▶ **Work required**: Filter the entries, keeping every line with the word "bytes".

Top of Input data

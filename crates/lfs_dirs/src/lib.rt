//! Directory blocks: lists of numbers and names in 512 bytes (this project's profile).
//!
//! An entry is a number above 0 in four bytes, the highest first, the length of a name in one byte, and
//! the name. The list ends where fewer than five bytes are left or the number is 0, and the rest of the
//! block is zeros. No entry spans two blocks, and no name stands twice in a block.
#![tactic(auto)]

mod reading;
mod writing;

pub use reading::{BlockEntries, entries, find, is_directory_block};
pub use writing::{add, added, remove, removed, replaced};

Bottom of Input data

▶ **Exercise answer**:
//! Directory blocks: lists of numbers and names in 512 bytes (this project's profile).
//! An entry is a number above 0 in four bytes, the highest first, the length of a name in one byte, and
//! the name. The list ends where fewer than five bytes are left or the number is 0, and the rest of the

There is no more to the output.